Dirk tried to put his hand in Hannelore’s, but she would have none of it. “So public here on the road, anyone could see, and tell the miller’s son.” She snorted.

So at the abandoned chapel Dirk said, “Wait,” and he got the key from its hiding place and opened up the door. He closed it behind him but didn’t lock it, for he didn’t want her to feel she was being imprisoned against her will. “This is private enough,” he said.

“No one comes here.” She sniffed at the wood rot and the mold and perhaps the ornamentation. “Who would?”

He put his hands on her shoulders. “My name is Dirk.”

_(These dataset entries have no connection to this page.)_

//! The closures of the branches of `parallel`.

ghost use Rattle.std.specs.Prelude.{◌≡◌, ◌∷◌, ◌<◌, ◌^◌, [], ℕ, All, codes, length, true};
ghost use Rattle.cell_heap.specs.Soundness.{ValueBelow};
ghost use Rattle.model_values.specs.Kinds.{closure};
ghost use Rattle.model_values.specs.Throws.{no_method};
ghost use Rattle.cps_code.specs.Script.{script_of};
ghost use Rattle.model_run.specs.Around.{arity, cells, ended, frame, limits, under, whole};
ghost use Rattle.model_run.specs.Callables.{after_call, parameters_of};
ghost use Rattle.model_run.specs.FrameTable.{is_callable};
ghost use Rattle.model_run.specs.Forms.{enter};
ghost use Rattle.model_run.specs.Nesting.{shape_at};
ghost use Rattle.model_run.specs.State.{operating, through};
ghost use Rattle.model_run.specs.Steps.{after_branch};
ghost use Rattle.model_run.specs.Fitting.{IsFlowNode};
ghost use Rattle.model_run.specs.Terms.{nodes_of};
ghost use Rattle.model_run.specs.declared.ending.Entry.TheVariants.{Branched, First};
ghost use Rattle.model_run.specs.declared.frame.Frame.{Frame as OneFrame};
ghost use Rattle.model_run.specs.declared.frame.FrameKind.TheVariants as kind;
ghost use Rattle.cps_frames.specs.Moves.{ComesTo};
ghost use Rattle.cps_frames.specs.Places.{MayEnter};
ghost use Rattle.cps_frames.specs.Standing.{standing};
ghost use Rattle.cps_calls.specs.Calls.{body_of_values};

use crate::bodies::{open_call, throw_unfit};
use crate::parameters::{arguments_for, bind_parameters};
use crate::variables::new_variables;
use cps_frames::{Halt, Move, Shared, ThreadState};
use model_run::{Ending, Entry, Frame, FrameKind};
use model_values::{Env, Values};
use step_library::{branch_frame, end_branch};
use value_view::OpRefusal;

/// The closure of a branch, without arguments, inside the frame of the branch, which began at the flow node `start`. A closure with
/// more than one parameter throws inside the branch, and so ends it.
///
/// `Halt::Limit` where 1,024 calls are open in the thread, where the new variables pass a limit of the heap, and where the end of a
/// branch that throws meets one; `Halt::Memory` where the memory was refused.
pub fn branched(
    state: &mut ThreadState,
    shared: &mut Shared,
    node: u32,
    env: Env,
    start: u32,
) -> Result<Move, Halt>
    requires may { MayEnter (standing shared.old state.old) (Branched start) node env }
    ensures { ComesTo node (2 ^ 66) (λ sh a. enter (Branched start) a node sh env) (standing shared.old state.old) result (standing shared.new state.new) }
{
    let arguments = Values::new(shared.alloc());
    match arguments_for(shared.code.kind(node), arguments)? {
        None => refuse_branch(state, shared, start),
        Some(values) => {
            open_call(state)?;
            run_branch(state, shared, node, env, start, values)
        }
    }
}

/// The end of a branch whose closure has more than one parameter: it throws.
fn refuse_branch(state: &mut ThreadState, shared: &mut Shared, start: u32) -> Result<Move, Halt>
    requires { IsFlowNode shared.old.graph start }
    ensures { (k r : ℕ) (f : OneFrame) → 0 < r → ComesTo k r (λ sh a s. through f (after_branch start) (operating (λ w. no_method (limits w) (cells w) (closure 0) (codes "call")) ended s)) (standing shared.old state.old) result (standing shared.new state.new) }
{
    match throw_unfit(shared) {
        OpRefusal::Thrown(cell) => end_branch(state, shared, start, Ending::Thrown(cell)),
        OpRefusal::Limit(limit) => Ok(Move::Hits(limit)),
        OpRefusal::Memory => Err(Halt::Memory),
    }
}

/// The body of the closure of a branch, with a new variable for each parameter.
fn run_branch(
    state: &mut ThreadState,
    shared: &mut Shared,
    node: u32,
    env: Env,
    start: u32,
    values: Values,
) -> Result<Move, Halt>
    requires node { node < length (nodes_of (script_of shared.old.code)) }
    requires callable { is_callable (shape_at (script_of shared.old.code) node).form ≡ true }
    requires part { 0 < arity (shape_at (script_of shared.old.code) node) }
    requires values { All (ValueBelow (length shared.old.heap.cells)) values }
    requires count { length values ≡ length (parameters_of (shape_at (script_of shared.old.code) node).form) }
    requires start { start < 2 ^ 31 }
    ensures { (r : ℕ) → 2 < r → ComesTo node r (λ sh a s. through (frame kind.BranchBody node 0 env (whole start ∷ [])) (after_branch start) (body_of_values a sh node env values s)) (standing shared.old state.old) result (standing shared.new state.new) }
{
    let alloc = shared.alloc();
    let first = shared.heap.len();
    new_variables(shared, values.as_slice())?;
    let bound = bind_parameters(alloc, shared.code.kind(node), first, env.clone()?)?;
    inside_branch(state, shared, node, env, start, bound)
}

/// The body of the closure of a branch, whose parameters are bound.
fn inside_branch(
    state: &mut ThreadState,
    shared: &Shared,
    node: u32,
    env: Env,
    start: u32,
    bound: Env,
) -> Result<Move, Halt>
    requires node { node < length (nodes_of (script_of shared.now.code)) }
    requires part { 0 < arity (shape_at (script_of shared.now.code) node) }
    requires start { start < 2 ^ 31 }
    ensures { (r : ℕ) → 2 < r → ComesTo node r (λ sh a s. through (frame kind.BranchBody node 0 env (whole start ∷ [])) (after_branch start) (under a (frame kind.CallBody node 0 env []) after_call First 0 bound s)) (standing shared.now state.old) result (standing shared.now state.new) }
{
    let alloc = shared.alloc();
    match shared.code.part(node, 0) {
        None => unreachable!(),
        Some(body) => {
            let branch = branch_frame(alloc, node, env.clone()?, start)?;
            let call = Frame {
                kind: FrameKind::CallBody,
                node,
                left: 0,
                env,
                values: Values::new(alloc),
            };
            state.push(branch)?;
            state.push(call)?;
            Ok(Move::Enter(Entry::First, body, bound))
        }
    }
}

“Of course I know that, I asked. Dirk Dummkopf, I know all about it.”

“I’m not slow.”

“Well, you’re not hasty,” she replied, and took one of his hands off her shoulder and put it against her bosom. He marveled at the size of her breast, at the feeling of mobility of cloth riding over the skin riding over firm yet tender mass. Then she sighed and undid the top two ties of her shift. “Your hand belongs inside the clothing. I see you’ve had no experience.”

“I’ve watched you for a month now.”

“And you haven’t noticed I have another one of those on the other side? Pity about the gruesome eye. This is like teaching children how to roll on their stockings.” She guided his other hand. He wasn’t sure if he should be tender or testing, but he so loved his hand upon the curves—they were exactly the right size for a man’s hands. She put her own hands on her hips and whistled while he closed his eye and let his palms float like swan’s down upon the waters. The sides of his thumbs brushed against her nipples, which went hard. He wasn’t sure this was welcoming to her and he withdrew his hands.

“Are you worried about consequences? I’ve been down to the dock before, you know; I’m readied.” Her voice was still hard but her words seemed chosen by kindness. He thought he knew what she meant. “Are you going to kiss me?”

He kissed below her ear, on the edge of her chin; he kissed her nose, the knuckles on her clenched hands, which now were nearly tucked inside of her elbows. She seemed open and closed at the same time. He was confused, but he expected this is what was meant to happen.

“You fool, kiss my mouth,” she said. He didn’t want to approach that bitter mouth. He dove toward her neck and put his arms around her waist, but that seemed to lead nowhere particularly.

“You’re abashed by the open space in front of the old altar,” she said at last. “I suppose I can understand. Come, we’ll climb to where the choristers used to sing. We can disrobe there and lie down.”

She found the door to the choir loft and led him by the hand. His heart was racing. The stair-hall was dark, the steps dotted with mouse turds. The thick dust made him sneeze.

In the loft she spread out some moth-eaten vestments on a pew and sat down. She lowered her blouse just as he had hoped she would. She took off her wooden shoes; her bare, callused feet looked like swedes. Hannelore’s face seemed bright and sad in the gloom. “Well, come on, I have just so long,” she said, and lay back upon the pew with an arm over her eyes.